----- Source information
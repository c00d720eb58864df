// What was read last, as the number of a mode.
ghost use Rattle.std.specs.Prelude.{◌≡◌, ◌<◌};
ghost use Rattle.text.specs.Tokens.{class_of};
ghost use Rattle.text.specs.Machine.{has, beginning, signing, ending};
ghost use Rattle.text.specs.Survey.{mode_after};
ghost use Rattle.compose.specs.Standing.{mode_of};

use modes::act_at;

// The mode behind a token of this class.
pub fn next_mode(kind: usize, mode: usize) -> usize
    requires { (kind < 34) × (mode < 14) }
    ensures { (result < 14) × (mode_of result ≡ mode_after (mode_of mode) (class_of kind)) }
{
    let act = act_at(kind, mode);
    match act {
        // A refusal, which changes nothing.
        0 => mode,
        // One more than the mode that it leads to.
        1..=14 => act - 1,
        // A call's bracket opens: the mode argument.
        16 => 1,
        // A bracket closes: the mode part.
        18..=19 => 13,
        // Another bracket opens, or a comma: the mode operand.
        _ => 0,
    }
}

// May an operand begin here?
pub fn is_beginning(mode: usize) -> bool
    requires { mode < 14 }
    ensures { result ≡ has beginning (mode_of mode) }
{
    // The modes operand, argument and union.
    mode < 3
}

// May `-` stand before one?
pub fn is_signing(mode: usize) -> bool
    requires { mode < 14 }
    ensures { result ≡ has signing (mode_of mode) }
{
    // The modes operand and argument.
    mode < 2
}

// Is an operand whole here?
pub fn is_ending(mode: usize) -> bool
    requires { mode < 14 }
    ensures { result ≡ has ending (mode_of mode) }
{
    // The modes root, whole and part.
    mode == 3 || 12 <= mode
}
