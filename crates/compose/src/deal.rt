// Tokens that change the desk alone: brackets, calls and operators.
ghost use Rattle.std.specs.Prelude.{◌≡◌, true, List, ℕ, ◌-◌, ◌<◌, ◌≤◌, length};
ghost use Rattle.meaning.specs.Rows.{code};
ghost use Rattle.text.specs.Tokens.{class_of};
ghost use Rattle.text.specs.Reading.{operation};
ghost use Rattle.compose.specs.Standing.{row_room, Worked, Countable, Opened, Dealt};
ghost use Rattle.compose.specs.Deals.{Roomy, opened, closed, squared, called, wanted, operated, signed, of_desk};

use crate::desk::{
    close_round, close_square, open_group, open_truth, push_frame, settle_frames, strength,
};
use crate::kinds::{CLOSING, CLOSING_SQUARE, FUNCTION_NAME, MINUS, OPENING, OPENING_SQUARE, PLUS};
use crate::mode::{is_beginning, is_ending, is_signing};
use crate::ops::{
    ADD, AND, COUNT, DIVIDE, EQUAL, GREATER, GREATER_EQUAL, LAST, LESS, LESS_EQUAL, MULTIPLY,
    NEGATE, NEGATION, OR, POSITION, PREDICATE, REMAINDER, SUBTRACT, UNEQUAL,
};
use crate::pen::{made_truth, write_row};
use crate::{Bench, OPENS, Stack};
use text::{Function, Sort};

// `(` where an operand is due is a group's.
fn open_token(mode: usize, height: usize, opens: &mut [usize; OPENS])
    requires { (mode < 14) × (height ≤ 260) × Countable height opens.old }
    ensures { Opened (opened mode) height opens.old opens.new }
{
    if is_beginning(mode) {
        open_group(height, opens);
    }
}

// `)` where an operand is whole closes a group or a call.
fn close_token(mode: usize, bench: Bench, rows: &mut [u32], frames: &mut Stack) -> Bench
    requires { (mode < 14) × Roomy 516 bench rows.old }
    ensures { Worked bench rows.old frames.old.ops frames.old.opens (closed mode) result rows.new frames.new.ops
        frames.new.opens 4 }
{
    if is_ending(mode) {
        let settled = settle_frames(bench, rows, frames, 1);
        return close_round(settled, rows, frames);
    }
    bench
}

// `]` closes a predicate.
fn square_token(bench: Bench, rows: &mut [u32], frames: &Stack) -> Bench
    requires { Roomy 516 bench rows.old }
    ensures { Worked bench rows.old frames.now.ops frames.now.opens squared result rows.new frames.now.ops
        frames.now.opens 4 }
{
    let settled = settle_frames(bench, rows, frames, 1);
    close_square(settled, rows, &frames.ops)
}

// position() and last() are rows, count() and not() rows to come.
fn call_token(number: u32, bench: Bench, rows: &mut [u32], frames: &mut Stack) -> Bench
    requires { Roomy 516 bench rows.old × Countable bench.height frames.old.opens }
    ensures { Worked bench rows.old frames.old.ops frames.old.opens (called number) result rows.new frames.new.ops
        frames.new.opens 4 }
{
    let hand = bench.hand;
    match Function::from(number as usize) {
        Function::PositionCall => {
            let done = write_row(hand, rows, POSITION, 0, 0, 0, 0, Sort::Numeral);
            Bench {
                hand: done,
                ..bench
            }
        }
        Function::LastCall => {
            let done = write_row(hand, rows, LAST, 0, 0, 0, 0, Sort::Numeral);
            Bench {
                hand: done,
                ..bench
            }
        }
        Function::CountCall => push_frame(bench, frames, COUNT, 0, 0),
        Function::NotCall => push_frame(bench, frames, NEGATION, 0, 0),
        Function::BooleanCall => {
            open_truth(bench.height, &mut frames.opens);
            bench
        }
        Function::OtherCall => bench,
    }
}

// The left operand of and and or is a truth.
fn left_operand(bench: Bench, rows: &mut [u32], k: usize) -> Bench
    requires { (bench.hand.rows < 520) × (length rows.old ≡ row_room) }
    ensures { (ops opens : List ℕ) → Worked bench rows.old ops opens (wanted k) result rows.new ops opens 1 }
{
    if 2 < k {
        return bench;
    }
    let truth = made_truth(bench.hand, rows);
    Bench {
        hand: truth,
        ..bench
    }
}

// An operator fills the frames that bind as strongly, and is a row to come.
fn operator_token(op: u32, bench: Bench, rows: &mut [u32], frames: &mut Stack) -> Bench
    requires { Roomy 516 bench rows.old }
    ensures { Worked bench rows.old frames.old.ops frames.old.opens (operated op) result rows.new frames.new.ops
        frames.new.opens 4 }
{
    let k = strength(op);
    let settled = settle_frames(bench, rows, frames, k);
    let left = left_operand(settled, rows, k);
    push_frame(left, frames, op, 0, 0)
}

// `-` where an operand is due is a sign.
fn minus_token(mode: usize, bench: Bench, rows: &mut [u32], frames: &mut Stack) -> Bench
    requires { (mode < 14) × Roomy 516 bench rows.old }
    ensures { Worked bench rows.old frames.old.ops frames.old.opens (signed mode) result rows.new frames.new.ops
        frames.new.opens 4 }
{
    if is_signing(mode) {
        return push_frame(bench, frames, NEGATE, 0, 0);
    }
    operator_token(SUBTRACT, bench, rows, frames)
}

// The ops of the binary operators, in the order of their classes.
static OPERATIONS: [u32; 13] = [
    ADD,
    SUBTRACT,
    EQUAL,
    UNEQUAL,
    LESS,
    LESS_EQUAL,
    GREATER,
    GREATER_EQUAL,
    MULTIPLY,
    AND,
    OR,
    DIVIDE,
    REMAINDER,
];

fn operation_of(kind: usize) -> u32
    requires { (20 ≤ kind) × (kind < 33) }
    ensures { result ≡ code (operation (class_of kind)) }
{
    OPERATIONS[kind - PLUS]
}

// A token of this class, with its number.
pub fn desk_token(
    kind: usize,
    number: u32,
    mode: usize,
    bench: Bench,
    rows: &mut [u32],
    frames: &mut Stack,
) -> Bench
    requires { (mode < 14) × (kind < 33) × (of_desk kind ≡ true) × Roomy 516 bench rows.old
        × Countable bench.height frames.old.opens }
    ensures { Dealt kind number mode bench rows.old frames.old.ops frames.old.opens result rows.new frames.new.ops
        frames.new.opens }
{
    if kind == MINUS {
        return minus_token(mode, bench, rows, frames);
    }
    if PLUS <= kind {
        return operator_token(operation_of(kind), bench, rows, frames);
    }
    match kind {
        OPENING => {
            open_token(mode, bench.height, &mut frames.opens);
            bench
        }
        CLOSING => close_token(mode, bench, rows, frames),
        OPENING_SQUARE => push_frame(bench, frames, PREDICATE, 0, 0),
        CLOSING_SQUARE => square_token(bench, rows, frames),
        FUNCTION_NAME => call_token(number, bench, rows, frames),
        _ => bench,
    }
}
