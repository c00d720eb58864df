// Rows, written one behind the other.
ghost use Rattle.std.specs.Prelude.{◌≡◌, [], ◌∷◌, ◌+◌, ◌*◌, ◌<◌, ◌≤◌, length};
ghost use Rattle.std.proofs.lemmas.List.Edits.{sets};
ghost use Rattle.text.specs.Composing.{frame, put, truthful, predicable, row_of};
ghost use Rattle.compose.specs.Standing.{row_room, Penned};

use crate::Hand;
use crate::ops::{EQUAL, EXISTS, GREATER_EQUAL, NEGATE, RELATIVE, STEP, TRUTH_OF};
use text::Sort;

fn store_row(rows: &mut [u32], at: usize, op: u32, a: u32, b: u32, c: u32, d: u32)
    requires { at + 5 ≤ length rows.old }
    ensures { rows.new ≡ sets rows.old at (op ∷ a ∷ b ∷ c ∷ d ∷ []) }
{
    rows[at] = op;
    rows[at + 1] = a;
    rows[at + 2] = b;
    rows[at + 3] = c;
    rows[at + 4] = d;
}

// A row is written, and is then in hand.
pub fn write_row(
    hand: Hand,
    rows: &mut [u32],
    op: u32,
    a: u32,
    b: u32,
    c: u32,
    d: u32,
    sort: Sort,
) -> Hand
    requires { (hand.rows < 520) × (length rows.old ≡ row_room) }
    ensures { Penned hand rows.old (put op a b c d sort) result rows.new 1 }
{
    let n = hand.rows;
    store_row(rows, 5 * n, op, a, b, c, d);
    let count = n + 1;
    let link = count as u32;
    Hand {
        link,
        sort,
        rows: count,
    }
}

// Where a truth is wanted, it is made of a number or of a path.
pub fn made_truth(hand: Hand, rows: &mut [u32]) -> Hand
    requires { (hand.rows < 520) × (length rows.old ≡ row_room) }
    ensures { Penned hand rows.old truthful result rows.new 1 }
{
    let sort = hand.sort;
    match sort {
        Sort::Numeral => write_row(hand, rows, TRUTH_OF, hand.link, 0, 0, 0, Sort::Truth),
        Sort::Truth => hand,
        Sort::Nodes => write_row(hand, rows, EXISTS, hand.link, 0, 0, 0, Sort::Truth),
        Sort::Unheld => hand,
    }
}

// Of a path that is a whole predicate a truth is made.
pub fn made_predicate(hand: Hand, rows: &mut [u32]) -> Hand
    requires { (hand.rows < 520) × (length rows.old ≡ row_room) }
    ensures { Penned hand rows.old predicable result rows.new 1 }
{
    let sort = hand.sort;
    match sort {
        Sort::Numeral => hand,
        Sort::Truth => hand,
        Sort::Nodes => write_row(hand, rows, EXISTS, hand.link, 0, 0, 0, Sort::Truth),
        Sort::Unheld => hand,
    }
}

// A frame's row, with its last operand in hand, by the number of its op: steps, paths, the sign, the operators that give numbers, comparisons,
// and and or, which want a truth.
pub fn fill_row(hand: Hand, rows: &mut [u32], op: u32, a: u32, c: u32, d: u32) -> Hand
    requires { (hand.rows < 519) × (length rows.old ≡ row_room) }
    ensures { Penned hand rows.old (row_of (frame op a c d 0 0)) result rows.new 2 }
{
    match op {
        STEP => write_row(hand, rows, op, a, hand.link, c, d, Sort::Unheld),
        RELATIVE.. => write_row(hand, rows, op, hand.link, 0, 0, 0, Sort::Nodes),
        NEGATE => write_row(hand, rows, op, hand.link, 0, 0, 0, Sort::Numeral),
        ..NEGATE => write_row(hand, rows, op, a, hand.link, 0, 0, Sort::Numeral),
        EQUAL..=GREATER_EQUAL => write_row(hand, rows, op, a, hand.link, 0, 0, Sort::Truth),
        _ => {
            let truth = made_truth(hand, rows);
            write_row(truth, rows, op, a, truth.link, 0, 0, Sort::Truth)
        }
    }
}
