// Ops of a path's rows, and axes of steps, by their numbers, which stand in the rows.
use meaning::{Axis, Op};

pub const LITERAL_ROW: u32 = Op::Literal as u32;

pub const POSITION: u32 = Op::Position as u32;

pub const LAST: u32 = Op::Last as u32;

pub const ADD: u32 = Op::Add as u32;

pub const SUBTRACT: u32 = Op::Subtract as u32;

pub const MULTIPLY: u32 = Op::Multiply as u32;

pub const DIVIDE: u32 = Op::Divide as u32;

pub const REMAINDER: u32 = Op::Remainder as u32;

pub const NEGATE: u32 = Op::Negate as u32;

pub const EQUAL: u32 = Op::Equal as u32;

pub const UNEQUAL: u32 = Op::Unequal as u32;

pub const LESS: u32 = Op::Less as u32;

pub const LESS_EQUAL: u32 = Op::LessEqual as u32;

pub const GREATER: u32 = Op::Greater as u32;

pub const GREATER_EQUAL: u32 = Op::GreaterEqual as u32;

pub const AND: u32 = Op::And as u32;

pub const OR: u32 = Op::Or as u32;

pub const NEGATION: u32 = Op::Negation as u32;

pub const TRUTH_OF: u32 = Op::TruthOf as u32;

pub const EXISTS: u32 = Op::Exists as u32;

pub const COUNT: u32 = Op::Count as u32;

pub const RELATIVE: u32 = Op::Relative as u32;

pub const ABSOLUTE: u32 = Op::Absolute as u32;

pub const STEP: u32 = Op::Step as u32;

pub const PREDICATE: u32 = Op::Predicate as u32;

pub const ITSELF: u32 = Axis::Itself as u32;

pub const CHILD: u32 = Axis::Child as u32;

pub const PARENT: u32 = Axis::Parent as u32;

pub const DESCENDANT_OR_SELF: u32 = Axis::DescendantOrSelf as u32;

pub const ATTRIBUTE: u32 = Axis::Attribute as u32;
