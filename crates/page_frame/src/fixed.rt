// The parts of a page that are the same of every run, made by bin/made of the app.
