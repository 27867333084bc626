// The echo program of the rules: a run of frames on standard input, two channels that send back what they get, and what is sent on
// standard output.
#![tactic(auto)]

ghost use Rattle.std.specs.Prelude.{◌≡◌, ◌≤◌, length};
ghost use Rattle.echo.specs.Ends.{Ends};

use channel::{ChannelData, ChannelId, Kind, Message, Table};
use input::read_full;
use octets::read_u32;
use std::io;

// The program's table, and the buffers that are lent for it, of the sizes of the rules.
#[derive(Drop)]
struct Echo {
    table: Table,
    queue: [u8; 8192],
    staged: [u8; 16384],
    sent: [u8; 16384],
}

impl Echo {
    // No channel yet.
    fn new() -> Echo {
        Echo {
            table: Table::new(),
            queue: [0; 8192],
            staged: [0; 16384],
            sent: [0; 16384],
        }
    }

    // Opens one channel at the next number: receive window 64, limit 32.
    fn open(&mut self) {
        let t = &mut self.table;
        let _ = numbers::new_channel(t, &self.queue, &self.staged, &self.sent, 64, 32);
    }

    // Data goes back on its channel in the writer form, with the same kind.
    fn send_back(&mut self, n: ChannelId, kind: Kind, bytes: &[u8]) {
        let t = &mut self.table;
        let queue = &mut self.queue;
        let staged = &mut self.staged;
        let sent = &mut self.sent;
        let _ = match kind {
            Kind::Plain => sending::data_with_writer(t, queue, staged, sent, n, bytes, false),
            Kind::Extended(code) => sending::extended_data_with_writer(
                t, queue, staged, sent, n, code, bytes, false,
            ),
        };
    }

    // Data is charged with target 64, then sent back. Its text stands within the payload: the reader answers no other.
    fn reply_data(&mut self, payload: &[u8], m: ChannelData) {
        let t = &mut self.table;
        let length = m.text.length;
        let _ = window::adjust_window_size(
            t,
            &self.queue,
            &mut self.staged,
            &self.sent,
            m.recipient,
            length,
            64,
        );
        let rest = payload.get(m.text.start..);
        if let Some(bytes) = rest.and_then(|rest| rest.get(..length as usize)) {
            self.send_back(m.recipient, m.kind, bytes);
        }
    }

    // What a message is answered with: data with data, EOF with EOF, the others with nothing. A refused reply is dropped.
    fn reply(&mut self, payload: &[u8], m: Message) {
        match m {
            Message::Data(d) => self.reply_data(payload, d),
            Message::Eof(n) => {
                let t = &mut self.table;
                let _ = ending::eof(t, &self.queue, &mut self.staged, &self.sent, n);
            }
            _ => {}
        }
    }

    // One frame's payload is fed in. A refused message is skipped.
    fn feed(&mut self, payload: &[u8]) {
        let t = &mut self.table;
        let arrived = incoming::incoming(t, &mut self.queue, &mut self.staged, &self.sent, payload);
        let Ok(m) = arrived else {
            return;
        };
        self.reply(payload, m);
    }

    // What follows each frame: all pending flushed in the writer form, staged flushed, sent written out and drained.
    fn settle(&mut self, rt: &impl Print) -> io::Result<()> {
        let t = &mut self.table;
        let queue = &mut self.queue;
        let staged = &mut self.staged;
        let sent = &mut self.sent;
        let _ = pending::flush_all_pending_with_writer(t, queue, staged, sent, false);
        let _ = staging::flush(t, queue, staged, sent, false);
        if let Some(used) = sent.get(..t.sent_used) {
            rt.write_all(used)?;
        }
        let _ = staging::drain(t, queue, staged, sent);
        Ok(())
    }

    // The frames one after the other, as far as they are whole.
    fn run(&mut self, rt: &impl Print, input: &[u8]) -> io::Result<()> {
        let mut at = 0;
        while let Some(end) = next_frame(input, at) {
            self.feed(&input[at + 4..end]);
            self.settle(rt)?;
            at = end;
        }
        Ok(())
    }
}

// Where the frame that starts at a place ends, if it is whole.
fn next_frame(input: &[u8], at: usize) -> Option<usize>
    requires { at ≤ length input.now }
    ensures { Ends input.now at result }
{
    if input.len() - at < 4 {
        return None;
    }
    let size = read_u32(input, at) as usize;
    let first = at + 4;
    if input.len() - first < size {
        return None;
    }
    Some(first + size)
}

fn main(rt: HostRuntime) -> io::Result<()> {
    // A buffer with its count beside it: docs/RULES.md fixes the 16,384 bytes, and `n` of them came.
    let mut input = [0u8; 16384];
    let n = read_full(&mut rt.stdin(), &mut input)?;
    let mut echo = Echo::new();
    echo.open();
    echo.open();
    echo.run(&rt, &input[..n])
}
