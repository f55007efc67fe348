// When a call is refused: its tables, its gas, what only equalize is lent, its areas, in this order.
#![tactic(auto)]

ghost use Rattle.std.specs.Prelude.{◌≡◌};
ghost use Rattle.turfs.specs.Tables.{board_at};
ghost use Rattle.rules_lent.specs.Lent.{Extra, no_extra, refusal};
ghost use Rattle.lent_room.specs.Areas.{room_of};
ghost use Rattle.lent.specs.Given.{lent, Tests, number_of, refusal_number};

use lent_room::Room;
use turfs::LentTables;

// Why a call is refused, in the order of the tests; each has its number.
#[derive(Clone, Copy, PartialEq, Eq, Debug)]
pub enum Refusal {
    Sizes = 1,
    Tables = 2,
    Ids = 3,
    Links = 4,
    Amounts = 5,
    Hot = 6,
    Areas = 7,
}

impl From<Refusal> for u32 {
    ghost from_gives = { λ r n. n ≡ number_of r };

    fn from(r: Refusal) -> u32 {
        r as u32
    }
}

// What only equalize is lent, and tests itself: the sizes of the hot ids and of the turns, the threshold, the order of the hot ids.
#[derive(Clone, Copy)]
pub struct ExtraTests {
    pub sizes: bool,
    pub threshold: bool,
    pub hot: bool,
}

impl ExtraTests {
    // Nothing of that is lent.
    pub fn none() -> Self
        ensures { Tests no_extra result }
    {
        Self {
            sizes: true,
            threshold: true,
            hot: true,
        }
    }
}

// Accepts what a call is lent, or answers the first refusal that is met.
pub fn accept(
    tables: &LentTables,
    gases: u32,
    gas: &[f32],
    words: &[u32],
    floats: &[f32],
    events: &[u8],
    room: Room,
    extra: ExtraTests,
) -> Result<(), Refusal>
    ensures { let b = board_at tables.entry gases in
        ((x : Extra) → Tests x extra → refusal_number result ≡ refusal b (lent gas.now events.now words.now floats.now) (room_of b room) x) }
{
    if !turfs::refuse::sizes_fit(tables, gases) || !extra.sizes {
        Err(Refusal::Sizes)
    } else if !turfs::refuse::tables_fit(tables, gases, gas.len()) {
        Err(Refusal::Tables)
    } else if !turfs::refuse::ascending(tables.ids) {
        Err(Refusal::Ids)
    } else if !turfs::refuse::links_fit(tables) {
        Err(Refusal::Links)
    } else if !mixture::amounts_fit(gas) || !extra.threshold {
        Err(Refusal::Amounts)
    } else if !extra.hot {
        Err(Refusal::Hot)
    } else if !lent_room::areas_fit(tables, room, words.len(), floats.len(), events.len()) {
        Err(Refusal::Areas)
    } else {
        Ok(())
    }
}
----------
■ **Exercise description**
Among the entries above, the lines between the ones containing "fn square_token(bench: Bench, rows: &mut" and "bench rows.old ×", inclusive, are to be transcribed exactly. No other line is to be given.

■ **Written solution**
fn square_token(bench: Bench, rows: &mut [u32], frames: &Stack) -> Bench
    requires { Roomy 516 bench rows.old }
    ensures { Worked bench rows.old frames.now.ops frames.now.opens squared result rows.new frames.now.ops
        frames.now.opens 4 }
{
    let settled = settle_frames(bench, rows, frames, 1);
    close_square(settled, rows, &frames.ops)
}

// position() and last() are rows, count() and not() rows to come.
fn call_token(number: u32, bench: Bench, rows: &mut [u32], frames: &mut Stack) -> Bench
    requires { Roomy 516 bench rows.old × Countable bench.height frames.old.opens }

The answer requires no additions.